You can get the effect of nested loops with list comprehensions too.

Let’s return to the example of representing Sudoku squares. We computed the possible squares in a sudoku puzzle above with a nested `for` loop. Nested list comprehensions are easier and more natural:

```rows     = 'ABCDEFGHI'
cols     = '123456789'
squares = [r+c for r in rows for c in cols]
```

## 4.5.4. Examples from Norvig’s sudoku solver¶

For the next example, let’s continue considering Sudoku puzzles.

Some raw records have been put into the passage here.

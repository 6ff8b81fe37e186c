//! The table of a conversation: the client's action after each reply (RFC 5321, sections 3.1 to 3.3 and 4.2).
ghost use Rattle.std.specs.Prelude.{◌≡◌};
ghost use Rattle.relay_lines.specs.Reply.{Reply};
ghost use Rattle.relay_course.specs.Progress.{Delivery, Progress, after_answer};
ghost use Rattle.relay_client.specs.Action.{done_by};

use relay_course::{Awaited, ReplyKind};

/// The client's action after a reply.
#[derive(Clone, Copy)]
pub(crate) enum Action {
    /// EHLO.
    Greet,
    /// Keep the offered extensions, and begin the transaction.
    TakeOffer,
    /// HELO.
    GreetPlainly,
    /// The transaction begins.
    Begin,
    /// The next RCPT, or the content after the last one.
    GoOn,
    /// The text.
    SendText,
    /// The end, by a reply of this kind to the content.
    EndAfterContent(ReplyKind),
    /// The end: it may be tried again.
    PutOff,
    /// The end: it is refused for good.
    Refuse,
}

/// Returns the table: by what waited and by the kind of the reply, what is done.
pub(crate) fn action_after(waited: Awaited, kind: ReplyKind) -> Action
    ensures { (delivery : Delivery) (reply : Reply) (old : Progress)
        → after_answer delivery waited kind reply old ≡ done_by delivery result reply old }
{
    match (waited, kind) {
        (Awaited::Greeting, ReplyKind::Completion) => Action::Greet,
        (Awaited::Ehlo, ReplyKind::Completion) => Action::TakeOffer,
        (Awaited::Ehlo, ReplyKind::Permanent) => Action::GreetPlainly,
        (Awaited::Helo, ReplyKind::Completion) => Action::Begin,
        (Awaited::Mail, ReplyKind::Completion) => Action::GoOn,
        (Awaited::Rcpt(_), _) => Action::GoOn,
        (Awaited::Data, ReplyKind::Intermediate) => Action::SendText,
        (Awaited::Content, _) => Action::EndAfterContent(kind),
        (Awaited::Greeting, ReplyKind::Intermediate) => Action::PutOff,
        (Awaited::Greeting, ReplyKind::Transient) => Action::PutOff,
        (Awaited::Greeting, ReplyKind::Permanent) => Action::Refuse,
        (Awaited::Ehlo, ReplyKind::Intermediate) => Action::PutOff,
        (Awaited::Ehlo, ReplyKind::Transient) => Action::PutOff,
        (Awaited::Helo, ReplyKind::Intermediate) => Action::PutOff,
        (Awaited::Helo, ReplyKind::Transient) => Action::PutOff,
        (Awaited::Helo, ReplyKind::Permanent) => Action::Refuse,
        (Awaited::Mail, ReplyKind::Intermediate) => Action::PutOff,
        (Awaited::Mail, ReplyKind::Transient) => Action::PutOff,
        (Awaited::Mail, ReplyKind::Permanent) => Action::Refuse,
        (Awaited::Data, ReplyKind::Completion) => Action::PutOff,
        (Awaited::Data, ReplyKind::Transient) => Action::PutOff,
        (Awaited::Data, ReplyKind::Permanent) => Action::Refuse,
    }
}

The units of a square S are the collections of squares it belongs to that can’t have a value identical to S. The peers of S are the squares in its units, excepting S. Any square S has exactly 3 units and 20 peers. For example, here are the units of C2:

```Col: A2,B2,C2,D2,E2,F2,G2,H2,I2

Row: C1 C2 C3 C4 C5 C6 C7 C8 C9

Box:

A1 A2 A3
B1 B2 B3
C1 C2 C3
```

The peers set is the union of the units minus C2. Let’s collect all the units. From that we’ll build up a dictionary mapping each square to its units.

Column units:

```rows     = 'ABCDEFGHI'
cols     = '123456789'
col_units = [[r+c for r in rows] for c in cols]
```

This gives:

```>>> col_units
[['A1', 'B1', 'C1', 'D1', 'E1', 'F1', 'G1', 'H1', 'I1'],
['A2', 'B2', 'C2', 'D2', 'E2', 'F2', 'G2', 'H2', 'I2'],
['A3', 'B3', 'C3', 'D3', 'E3', 'F3', 'G3', 'H3', 'I3'],
['A4', 'B4', 'C4', 'D4', 'E4', 'F4', 'G4', 'H4', 'I4'],
['A5', 'B5', 'C5', 'D5', 'E5', 'F5', 'G5', 'H5', 'I5'],
['A6', 'B6', 'C6', 'D6', 'E6', 'F6', 'G6', 'H6', 'I6'],
['A7', 'B7', 'C7', 'D7', 'E7', 'F7', 'G7', 'H7', 'I7'],
['A8', 'B8', 'C8', 'D8', 'E8', 'F8', 'G8', 'H8', 'I8'],
['A9', 'B9', 'C9', 'D9', 'E9', 'F9', 'G9', 'H9', 'I9']]
```

Row units:

```row_units = [[r+c for c in cols] for r in rows]
```

The box units are the trickiest. You want to do a nested iteration that doesnt involve all the rows and all the columns, just a group of three at a time. The code looks like this, but it is definitely getting hard to read:

```box_units = [[l+n for l in lets for n in nums]
for lets in ('ABC','DEF','GHI')
for nums in ('123','456','789')]
```

The way to read this is to start with one value for the loopvar `lets`, and pair it with one value for the loopvar `nums`. The first value for `lets`. will be ‘ABC’. The first value for `nums` will be ‘123’. We then execute:

```[l+n for l in lets for num in nums]
```

with those values for `lets` and `nums`, that is:

```[l+n for l in 'ABC' for n in '123']
```

This produces:

```['A1', 'A2', 'A3', 'B1', 'B2', 'B3', 'C1', 'C2', 'C3'],
```

which is the first valid box unit. So each pairing of an `lets` element and a `nums` element gives us a different valid box unit. With 9 possible pairings of elements of `lets` and `nums`, we get all 9 possible box units, that is:

```[['A1', 'A2', 'A3', 'B1', 'B2', 'B3', 'C1', 'C2', 'C3'],
['A4', 'A5', 'A6', 'B4', 'B5', 'B6', 'C4', 'C5', 'C6'],
['A7', 'A8', 'A9', 'B7', 'B8', 'B9', 'C7', 'C8', 'C9'],
['D1', 'D2', 'D3', 'E1', 'E2', 'E3', 'F1', 'F2', 'F3'],
['D4', 'D5', 'D6', 'E4', 'E5', 'E6', 'F4', 'F5', 'F6'],
['D7', 'D8', 'D9', 'E7', 'E8', 'E9', 'F7', 'F8', 'F9'],
['G1', 'G2', 'G3', 'H1', 'H2', 'H3', 'I1', 'I2', 'I3'],
['G4', 'G5', 'G6', 'H4', 'H5', 'H6', 'I4', 'I5', 'I6'],
['G7', 'G8', 'G9', 'H7', 'H8', 'H9', 'I7', 'I8', 'I9']]
```

We will try rewriting the loop above once we have introduced functions, because that will make the answer much more readable.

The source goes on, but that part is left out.